» TO DO:
Search the lines of the records for the word "stated", and copy every line that has it.

» Stored data:
-- Opening Marker --

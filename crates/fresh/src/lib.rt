// Lent tables and a lent row of records made fresh, or refused. Rests on the words.
#![tactic(auto)]

ghost use Rattle.std.specs.Prelude.{◌≡◌, ℕ, ◌≤◌, length};
ghost use Rattle.basics.specs.Over.{over};
ghost use Rattle.table.specs.Words.{fresh_memory};
ghost use Rattle.table.specs.Events.{state_of};
ghost use Rattle.words.specs.LentMemory.{memory_in, SameTables};
ghost use Rattle.fresh.specs.Fresh.{fresh_sizes, fresh_tables, tables_left, fresh_list, list_left};

use record::{Record, Refusal, TAIL};
use words::{Sizes, Tables};

// Zeros, then head's link and tail's, both to tail.
#[tactic(auto, using(crate::proofs::Freshness::links_laid))]
fn fresh_links(links: &mut [u32], nodes: usize)
    requires { (2 ≤ nodes) × (nodes ≤ length links.old) }
    ensures { (processes : ℕ) → links.new ≡ over (fresh_memory nodes processes).links links.old }
{
    links[..nodes].fill(0);
    let tail = words::link_word(TAIL, false);
    links[..2].fill(tail);
}

// The lent tables made fresh for these sizes, or refused and left as they are.
#[tactic(auto, using(crate::proofs::Freshness::tables_told))]
pub fn fresh_tables(tables: &mut Tables, nodes: u32, processes: u32) -> Result<Sizes, Refusal>
    ensures same { SameTables tables.old tables.new }
    ensures left { tables_left (memory_in tables.new (fresh_sizes nodes processes)) result ≡
        fresh_tables (memory_in tables.old (fresh_sizes nodes processes)) }
{
    let sizes = Sizes {
        nodes,
        processes,
        count: 2,
    };
    let addresses = &mut *tables.addresses;
    let links = &mut *tables.links;
    let deleters = &mut *tables.deleters;
    if words::tables_fit(addresses, links, deleters, sizes) {
        let stated = nodes as usize;
        addresses[..stated].fill(0);
        fresh_links(links, stated);
        deleters[..stated].fill(0);
        return Ok(sizes);
    }
    Err(Refusal::BadSizes)
}

// The lent tables and the lent row made fresh for these sizes, or refused and left as they are.
#[tactic(auto, using(crate::proofs::Freshness::row_refused))]
pub fn fresh_list(
    tables: &mut Tables,
    row: &mut [Record],
    nodes: u32,
    processes: u32,
) -> Result<Sizes, Refusal>
    ensures same { SameTables tables.old tables.new }
    ensures left { list_left (state_of (memory_in tables.new (fresh_sizes nodes processes))
        row.new) result ≡
        fresh_list (state_of (memory_in tables.old (fresh_sizes nodes processes))
        row.old) }
{
    let stated = processes as usize;
    if row.len() < stated {
        return Err(Refusal::BadSizes);
    }
    let sizes = fresh_tables(tables, nodes, processes)?;
    row[..stated].fill(Record::fresh());
    Ok(sizes)
}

-- Closing Marker --

» WRITTEN RESPONSE:
        let stated = nodes as usize;
        addresses[..stated].fill(0);
        fresh_links(links, stated);
        deleters[..stated].fill(0);
    let stated = processes as usize;
    if row.len() < stated {
    row[..stated].fill(Record::fresh());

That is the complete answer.